● LISTED RECORDS:
>>>

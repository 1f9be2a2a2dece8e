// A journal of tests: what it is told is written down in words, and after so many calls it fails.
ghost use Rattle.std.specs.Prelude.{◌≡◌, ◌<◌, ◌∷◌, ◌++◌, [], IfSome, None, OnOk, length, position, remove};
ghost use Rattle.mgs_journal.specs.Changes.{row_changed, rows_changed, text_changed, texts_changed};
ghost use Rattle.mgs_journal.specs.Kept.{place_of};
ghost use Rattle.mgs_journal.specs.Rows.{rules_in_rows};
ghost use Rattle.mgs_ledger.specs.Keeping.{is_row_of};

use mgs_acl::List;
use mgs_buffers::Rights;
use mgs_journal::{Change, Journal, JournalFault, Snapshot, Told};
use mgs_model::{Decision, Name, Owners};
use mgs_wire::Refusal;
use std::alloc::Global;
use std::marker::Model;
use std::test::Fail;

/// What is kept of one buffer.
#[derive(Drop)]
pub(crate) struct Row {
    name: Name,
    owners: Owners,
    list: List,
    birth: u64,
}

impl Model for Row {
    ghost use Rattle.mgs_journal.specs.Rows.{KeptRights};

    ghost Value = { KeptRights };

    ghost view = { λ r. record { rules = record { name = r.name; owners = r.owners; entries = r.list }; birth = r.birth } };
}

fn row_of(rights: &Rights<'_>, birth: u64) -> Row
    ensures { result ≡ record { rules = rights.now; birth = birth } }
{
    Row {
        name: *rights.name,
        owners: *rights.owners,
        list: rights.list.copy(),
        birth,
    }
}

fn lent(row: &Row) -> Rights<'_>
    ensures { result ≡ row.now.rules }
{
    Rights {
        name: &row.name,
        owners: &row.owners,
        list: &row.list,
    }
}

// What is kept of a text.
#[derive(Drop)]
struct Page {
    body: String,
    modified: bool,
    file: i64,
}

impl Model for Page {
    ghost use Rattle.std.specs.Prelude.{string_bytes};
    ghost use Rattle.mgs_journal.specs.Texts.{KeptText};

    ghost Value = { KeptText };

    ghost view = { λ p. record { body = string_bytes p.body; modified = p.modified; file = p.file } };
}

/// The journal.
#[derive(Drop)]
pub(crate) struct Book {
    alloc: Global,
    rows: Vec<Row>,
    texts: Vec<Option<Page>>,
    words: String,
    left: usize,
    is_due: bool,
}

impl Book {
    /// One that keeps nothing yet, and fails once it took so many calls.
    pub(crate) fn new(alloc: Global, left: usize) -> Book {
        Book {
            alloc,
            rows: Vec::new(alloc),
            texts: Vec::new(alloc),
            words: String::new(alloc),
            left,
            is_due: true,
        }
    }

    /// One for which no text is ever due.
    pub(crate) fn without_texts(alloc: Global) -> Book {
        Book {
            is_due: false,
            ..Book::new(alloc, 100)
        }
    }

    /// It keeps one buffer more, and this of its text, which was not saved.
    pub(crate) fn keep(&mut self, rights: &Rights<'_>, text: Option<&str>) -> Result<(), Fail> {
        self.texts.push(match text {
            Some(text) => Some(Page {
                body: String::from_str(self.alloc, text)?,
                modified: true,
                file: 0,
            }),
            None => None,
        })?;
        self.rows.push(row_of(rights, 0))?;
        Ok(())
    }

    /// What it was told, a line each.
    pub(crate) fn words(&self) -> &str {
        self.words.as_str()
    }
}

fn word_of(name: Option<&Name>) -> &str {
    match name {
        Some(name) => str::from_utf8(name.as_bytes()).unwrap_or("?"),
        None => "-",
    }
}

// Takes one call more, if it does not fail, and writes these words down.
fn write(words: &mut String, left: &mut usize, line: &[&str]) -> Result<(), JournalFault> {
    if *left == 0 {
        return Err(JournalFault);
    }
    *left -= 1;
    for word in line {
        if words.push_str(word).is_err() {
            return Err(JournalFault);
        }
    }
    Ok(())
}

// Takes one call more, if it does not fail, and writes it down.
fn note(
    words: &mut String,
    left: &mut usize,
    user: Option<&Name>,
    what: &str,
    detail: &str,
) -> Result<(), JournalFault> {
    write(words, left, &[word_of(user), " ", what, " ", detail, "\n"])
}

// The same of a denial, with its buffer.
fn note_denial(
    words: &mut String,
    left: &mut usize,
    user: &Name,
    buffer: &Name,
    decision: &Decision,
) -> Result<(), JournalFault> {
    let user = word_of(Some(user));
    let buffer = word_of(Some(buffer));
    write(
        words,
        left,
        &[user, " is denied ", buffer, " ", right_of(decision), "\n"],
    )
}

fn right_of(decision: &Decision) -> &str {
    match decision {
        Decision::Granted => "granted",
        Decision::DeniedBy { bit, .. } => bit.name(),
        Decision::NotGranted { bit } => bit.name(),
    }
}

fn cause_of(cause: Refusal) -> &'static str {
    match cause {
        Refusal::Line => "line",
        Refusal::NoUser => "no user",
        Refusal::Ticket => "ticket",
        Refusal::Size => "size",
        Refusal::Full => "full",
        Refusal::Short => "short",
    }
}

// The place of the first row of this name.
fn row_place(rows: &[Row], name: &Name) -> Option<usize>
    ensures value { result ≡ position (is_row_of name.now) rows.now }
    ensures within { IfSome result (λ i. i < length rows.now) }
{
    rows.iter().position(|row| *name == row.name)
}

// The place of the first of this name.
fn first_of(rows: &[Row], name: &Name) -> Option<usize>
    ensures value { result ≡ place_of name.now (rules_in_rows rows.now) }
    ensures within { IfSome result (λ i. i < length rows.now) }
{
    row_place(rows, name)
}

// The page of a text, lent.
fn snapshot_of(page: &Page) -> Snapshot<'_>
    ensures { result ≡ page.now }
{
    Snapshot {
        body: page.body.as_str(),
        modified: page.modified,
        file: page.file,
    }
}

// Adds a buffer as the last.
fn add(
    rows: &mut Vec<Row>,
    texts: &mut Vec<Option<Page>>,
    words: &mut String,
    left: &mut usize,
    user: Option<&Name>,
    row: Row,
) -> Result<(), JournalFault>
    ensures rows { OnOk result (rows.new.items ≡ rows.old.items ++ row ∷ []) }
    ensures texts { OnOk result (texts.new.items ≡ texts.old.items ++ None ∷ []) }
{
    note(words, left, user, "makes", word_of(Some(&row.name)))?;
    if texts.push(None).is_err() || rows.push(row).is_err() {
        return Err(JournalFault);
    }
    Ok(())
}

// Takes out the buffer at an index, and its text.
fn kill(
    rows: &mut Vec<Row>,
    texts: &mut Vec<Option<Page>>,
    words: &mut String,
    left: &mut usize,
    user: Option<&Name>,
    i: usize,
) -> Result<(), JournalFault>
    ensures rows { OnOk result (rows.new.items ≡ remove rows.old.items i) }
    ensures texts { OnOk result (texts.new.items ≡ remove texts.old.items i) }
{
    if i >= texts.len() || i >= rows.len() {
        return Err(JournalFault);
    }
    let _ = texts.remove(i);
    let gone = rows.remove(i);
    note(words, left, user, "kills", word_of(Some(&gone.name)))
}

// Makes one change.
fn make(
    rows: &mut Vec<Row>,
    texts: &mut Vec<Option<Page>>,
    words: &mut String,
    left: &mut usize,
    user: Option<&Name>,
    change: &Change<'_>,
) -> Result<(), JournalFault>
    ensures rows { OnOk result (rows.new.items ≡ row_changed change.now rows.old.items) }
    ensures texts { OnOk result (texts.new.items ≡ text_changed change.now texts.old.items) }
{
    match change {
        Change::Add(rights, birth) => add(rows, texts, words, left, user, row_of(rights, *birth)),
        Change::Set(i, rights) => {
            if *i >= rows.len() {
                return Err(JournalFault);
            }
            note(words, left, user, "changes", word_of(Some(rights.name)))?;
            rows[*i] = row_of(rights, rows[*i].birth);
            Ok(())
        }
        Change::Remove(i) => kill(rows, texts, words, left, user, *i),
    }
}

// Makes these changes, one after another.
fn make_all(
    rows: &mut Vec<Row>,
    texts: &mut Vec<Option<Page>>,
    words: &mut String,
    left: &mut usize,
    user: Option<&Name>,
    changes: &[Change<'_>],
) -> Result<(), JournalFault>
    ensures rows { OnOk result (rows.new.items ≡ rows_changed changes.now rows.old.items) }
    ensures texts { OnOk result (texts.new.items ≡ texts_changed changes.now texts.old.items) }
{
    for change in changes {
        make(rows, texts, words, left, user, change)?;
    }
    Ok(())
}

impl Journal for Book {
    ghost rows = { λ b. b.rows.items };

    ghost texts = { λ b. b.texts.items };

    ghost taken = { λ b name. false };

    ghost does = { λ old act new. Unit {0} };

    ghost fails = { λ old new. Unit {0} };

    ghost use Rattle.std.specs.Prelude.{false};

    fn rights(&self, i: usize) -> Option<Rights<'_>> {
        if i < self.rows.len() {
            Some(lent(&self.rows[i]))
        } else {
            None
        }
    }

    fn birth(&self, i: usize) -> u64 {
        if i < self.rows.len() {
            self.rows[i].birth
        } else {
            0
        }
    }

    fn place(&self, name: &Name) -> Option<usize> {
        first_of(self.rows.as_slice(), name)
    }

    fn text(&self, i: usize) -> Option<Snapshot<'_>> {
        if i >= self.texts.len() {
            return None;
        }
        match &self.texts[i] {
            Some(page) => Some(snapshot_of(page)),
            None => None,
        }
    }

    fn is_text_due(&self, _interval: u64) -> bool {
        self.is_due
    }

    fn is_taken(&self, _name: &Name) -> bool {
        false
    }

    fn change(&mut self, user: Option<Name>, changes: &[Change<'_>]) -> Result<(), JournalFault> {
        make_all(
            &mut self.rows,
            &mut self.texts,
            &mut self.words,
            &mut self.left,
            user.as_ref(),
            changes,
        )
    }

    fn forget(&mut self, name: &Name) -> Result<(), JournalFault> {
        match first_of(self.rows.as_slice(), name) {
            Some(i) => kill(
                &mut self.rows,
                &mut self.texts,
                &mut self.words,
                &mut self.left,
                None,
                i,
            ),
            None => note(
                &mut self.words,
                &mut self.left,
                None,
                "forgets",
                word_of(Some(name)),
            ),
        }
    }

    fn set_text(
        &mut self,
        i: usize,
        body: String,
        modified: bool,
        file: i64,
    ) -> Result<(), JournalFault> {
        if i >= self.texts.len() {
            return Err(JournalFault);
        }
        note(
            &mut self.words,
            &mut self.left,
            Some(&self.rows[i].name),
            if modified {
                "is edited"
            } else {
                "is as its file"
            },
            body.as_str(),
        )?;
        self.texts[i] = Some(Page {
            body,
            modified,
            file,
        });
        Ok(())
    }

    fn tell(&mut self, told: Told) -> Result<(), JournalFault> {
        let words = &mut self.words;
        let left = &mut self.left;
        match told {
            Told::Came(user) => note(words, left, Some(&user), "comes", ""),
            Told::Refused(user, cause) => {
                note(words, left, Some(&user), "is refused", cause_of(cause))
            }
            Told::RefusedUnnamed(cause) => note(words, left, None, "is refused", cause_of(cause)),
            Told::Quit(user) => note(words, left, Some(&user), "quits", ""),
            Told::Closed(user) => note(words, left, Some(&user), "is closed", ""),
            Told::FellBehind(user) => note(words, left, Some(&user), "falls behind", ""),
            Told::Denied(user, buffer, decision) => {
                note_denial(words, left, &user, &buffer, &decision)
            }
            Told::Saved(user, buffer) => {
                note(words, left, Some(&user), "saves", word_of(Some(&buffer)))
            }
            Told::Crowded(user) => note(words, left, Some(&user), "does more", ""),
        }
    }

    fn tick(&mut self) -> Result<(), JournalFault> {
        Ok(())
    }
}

<<<

● THE TASK:
Lines with the string "fails": say how many appear in the entries above, giving the number alone.

● WRITTEN SOLUTION:
3